# [Task statement]
In the entries below, find the line with "fresh port whose" and the line with "pub fn read(regs: &mut Regs, pos: &mut"; give again those lines and every line between them, exactly.

Data under study below:

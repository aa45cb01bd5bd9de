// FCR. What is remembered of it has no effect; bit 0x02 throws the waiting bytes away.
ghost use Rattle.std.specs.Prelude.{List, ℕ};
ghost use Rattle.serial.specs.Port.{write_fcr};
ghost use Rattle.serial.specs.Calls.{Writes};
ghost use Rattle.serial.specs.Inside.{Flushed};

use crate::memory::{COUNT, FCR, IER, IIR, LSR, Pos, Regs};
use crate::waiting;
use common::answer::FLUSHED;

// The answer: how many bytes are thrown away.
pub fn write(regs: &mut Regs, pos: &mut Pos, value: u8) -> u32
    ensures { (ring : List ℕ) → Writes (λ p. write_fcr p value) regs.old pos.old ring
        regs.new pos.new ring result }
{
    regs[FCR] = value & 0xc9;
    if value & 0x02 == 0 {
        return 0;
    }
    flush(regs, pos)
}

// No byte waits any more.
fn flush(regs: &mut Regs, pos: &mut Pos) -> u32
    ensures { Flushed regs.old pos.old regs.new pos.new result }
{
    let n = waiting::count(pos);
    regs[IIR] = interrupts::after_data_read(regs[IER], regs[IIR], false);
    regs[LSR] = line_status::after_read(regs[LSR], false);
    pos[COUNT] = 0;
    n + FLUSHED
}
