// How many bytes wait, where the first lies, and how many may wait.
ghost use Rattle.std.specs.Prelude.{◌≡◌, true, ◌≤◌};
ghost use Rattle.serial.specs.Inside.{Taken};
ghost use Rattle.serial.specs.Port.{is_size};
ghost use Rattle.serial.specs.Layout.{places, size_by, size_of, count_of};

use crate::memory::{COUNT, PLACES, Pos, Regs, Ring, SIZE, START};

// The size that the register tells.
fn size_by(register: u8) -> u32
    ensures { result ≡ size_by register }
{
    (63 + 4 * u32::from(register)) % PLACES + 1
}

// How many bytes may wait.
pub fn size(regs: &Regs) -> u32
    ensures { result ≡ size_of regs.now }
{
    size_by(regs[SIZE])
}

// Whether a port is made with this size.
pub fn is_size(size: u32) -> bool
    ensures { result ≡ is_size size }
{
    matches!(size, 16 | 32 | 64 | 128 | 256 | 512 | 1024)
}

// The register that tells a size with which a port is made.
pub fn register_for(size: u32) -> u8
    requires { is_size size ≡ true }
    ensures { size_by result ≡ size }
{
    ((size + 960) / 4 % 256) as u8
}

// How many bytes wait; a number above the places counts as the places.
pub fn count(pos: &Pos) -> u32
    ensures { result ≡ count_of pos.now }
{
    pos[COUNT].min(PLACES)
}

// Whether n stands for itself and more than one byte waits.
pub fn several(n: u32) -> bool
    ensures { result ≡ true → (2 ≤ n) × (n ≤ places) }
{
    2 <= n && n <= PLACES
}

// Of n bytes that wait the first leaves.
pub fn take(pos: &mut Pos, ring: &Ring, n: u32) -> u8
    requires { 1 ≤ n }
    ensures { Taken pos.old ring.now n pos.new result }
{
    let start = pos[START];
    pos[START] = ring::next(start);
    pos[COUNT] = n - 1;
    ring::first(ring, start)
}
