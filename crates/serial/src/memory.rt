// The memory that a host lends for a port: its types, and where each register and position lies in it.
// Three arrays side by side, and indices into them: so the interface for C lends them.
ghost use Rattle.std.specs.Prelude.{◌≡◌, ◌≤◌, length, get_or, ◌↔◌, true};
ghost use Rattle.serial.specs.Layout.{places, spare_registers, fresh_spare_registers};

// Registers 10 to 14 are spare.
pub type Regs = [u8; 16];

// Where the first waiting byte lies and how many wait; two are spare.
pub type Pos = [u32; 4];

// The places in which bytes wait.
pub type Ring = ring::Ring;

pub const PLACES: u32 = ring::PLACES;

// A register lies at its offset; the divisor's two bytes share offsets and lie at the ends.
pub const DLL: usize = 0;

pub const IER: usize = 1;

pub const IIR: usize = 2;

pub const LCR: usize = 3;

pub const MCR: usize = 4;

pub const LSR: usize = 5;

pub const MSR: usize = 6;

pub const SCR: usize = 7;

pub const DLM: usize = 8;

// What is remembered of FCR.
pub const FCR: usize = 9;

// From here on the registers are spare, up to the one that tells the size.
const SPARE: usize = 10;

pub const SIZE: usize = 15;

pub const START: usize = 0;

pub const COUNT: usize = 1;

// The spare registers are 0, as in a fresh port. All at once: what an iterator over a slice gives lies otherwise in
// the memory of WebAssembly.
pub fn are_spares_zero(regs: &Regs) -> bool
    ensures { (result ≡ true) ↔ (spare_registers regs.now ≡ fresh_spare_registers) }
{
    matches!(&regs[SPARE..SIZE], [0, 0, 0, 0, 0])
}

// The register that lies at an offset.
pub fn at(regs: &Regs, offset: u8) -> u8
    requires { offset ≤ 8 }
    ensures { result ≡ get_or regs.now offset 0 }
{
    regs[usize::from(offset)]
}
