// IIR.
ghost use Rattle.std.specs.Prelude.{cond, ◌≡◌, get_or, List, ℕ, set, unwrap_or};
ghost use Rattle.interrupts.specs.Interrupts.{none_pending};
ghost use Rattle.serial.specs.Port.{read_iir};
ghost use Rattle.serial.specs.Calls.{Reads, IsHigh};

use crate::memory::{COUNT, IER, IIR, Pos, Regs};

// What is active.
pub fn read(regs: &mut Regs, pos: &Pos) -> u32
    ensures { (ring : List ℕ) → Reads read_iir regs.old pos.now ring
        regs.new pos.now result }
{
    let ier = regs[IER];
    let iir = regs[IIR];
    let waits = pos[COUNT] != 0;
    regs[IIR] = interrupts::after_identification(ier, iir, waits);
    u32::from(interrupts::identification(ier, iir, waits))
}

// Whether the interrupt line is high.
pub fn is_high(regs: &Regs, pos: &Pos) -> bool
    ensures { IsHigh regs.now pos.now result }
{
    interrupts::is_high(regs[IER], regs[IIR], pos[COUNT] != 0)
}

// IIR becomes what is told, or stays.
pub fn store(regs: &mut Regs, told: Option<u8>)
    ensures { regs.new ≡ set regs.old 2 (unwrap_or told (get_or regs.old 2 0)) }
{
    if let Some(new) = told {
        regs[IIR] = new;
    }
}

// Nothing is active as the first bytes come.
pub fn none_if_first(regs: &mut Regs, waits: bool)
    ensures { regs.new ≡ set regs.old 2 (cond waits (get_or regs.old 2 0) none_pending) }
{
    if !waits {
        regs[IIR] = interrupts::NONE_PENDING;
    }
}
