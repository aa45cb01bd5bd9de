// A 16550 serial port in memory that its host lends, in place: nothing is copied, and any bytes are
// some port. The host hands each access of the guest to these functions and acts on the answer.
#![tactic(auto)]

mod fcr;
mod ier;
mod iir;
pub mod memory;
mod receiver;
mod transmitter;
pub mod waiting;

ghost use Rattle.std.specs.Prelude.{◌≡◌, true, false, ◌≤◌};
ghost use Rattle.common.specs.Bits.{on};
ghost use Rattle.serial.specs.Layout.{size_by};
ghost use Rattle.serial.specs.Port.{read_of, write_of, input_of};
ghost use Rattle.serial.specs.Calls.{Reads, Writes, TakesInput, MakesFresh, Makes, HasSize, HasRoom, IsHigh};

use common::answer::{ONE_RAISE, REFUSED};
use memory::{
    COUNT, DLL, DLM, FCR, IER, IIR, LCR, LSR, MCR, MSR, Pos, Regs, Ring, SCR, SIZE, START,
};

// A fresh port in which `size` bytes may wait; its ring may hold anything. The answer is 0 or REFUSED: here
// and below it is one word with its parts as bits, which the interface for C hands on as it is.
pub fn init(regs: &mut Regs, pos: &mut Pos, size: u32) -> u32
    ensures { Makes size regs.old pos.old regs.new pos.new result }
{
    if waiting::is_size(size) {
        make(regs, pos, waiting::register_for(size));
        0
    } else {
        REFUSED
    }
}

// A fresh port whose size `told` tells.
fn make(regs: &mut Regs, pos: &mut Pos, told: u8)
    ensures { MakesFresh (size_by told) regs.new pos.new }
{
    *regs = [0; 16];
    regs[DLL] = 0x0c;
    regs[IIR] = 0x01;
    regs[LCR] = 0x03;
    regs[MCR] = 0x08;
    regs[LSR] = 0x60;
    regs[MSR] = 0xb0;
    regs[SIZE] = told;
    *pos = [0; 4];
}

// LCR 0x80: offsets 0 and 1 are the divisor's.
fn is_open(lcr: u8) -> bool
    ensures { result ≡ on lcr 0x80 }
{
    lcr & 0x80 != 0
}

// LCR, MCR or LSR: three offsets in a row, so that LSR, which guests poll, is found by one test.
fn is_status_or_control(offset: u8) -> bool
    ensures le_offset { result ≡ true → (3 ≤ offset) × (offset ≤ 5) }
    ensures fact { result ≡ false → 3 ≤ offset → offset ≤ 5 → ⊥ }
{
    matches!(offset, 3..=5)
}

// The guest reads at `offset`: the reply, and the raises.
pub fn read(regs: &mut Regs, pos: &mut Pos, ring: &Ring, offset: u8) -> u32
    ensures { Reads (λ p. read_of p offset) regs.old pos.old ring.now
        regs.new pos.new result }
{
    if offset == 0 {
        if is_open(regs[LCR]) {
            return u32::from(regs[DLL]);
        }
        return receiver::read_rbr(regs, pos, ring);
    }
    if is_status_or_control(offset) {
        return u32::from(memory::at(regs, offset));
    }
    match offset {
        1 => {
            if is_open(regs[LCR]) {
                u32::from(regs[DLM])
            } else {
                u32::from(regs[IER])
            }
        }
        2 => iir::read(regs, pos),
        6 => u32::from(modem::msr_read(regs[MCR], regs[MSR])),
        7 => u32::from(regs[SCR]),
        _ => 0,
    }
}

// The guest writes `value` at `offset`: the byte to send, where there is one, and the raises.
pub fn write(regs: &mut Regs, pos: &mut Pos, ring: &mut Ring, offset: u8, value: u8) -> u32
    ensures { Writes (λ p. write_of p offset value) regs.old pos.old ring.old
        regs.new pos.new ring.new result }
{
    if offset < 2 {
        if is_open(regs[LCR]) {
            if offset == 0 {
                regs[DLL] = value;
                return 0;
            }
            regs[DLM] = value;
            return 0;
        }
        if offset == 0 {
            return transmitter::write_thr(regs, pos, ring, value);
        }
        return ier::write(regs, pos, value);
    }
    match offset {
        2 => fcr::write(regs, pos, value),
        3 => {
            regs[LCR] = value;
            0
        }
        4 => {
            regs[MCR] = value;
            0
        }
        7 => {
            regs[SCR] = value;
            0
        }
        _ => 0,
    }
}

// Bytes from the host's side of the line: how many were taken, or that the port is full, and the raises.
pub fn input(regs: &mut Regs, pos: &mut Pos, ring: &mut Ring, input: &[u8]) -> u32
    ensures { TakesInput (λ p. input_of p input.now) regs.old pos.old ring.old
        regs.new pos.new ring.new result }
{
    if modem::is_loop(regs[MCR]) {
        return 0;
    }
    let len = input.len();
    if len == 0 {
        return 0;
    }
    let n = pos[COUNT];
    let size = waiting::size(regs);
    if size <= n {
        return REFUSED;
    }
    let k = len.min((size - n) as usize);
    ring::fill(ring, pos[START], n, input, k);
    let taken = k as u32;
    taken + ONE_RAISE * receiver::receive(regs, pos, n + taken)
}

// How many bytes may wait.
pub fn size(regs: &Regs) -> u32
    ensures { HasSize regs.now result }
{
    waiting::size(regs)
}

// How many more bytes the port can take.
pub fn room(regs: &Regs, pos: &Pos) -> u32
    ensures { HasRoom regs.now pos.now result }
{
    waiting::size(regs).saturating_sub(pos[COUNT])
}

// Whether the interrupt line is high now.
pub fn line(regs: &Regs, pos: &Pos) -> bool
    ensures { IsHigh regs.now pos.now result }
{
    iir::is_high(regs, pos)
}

End of Data under study.

# [Exercise answer]
// A fresh port whose size `told` tells.
fn make(regs: &mut Regs, pos: &mut Pos, told: u8)
    ensures { MakesFresh (size_by told) regs.new pos.new }
{
    *regs = [0; 16];
    regs[DLL] = 0x0c;
    regs[IIR] = 0x01;
    regs[LCR] = 0x03;
    regs[MCR] = 0x08;
    regs[LSR] = 0x60;
    regs[MSR] = 0xb0;
    regs[SIZE] = told;
    *pos = [0; 4];
}

// LCR 0x80: offsets 0 and 1 are the divisor's.
fn is_open(lcr: u8) -> bool
    ensures { result ≡ on lcr 0x80 }
{
    lcr & 0x80 != 0
}

// LCR, MCR or LSR: three offsets in a row, so that LSR, which guests poll, is found by one test.
fn is_status_or_control(offset: u8) -> bool
    ensures le_offset { result ≡ true → (3 ≤ offset) × (offset ≤ 5) }
    ensures fact { result ≡ false → 3 ≤ offset → offset ≤ 5 → ⊥ }
{
    matches!(offset, 3..=5)
}

// The guest reads at `offset`: the reply, and the raises.
pub fn read(regs: &mut Regs, pos: &mut Pos, ring: &Ring, offset: u8) -> u32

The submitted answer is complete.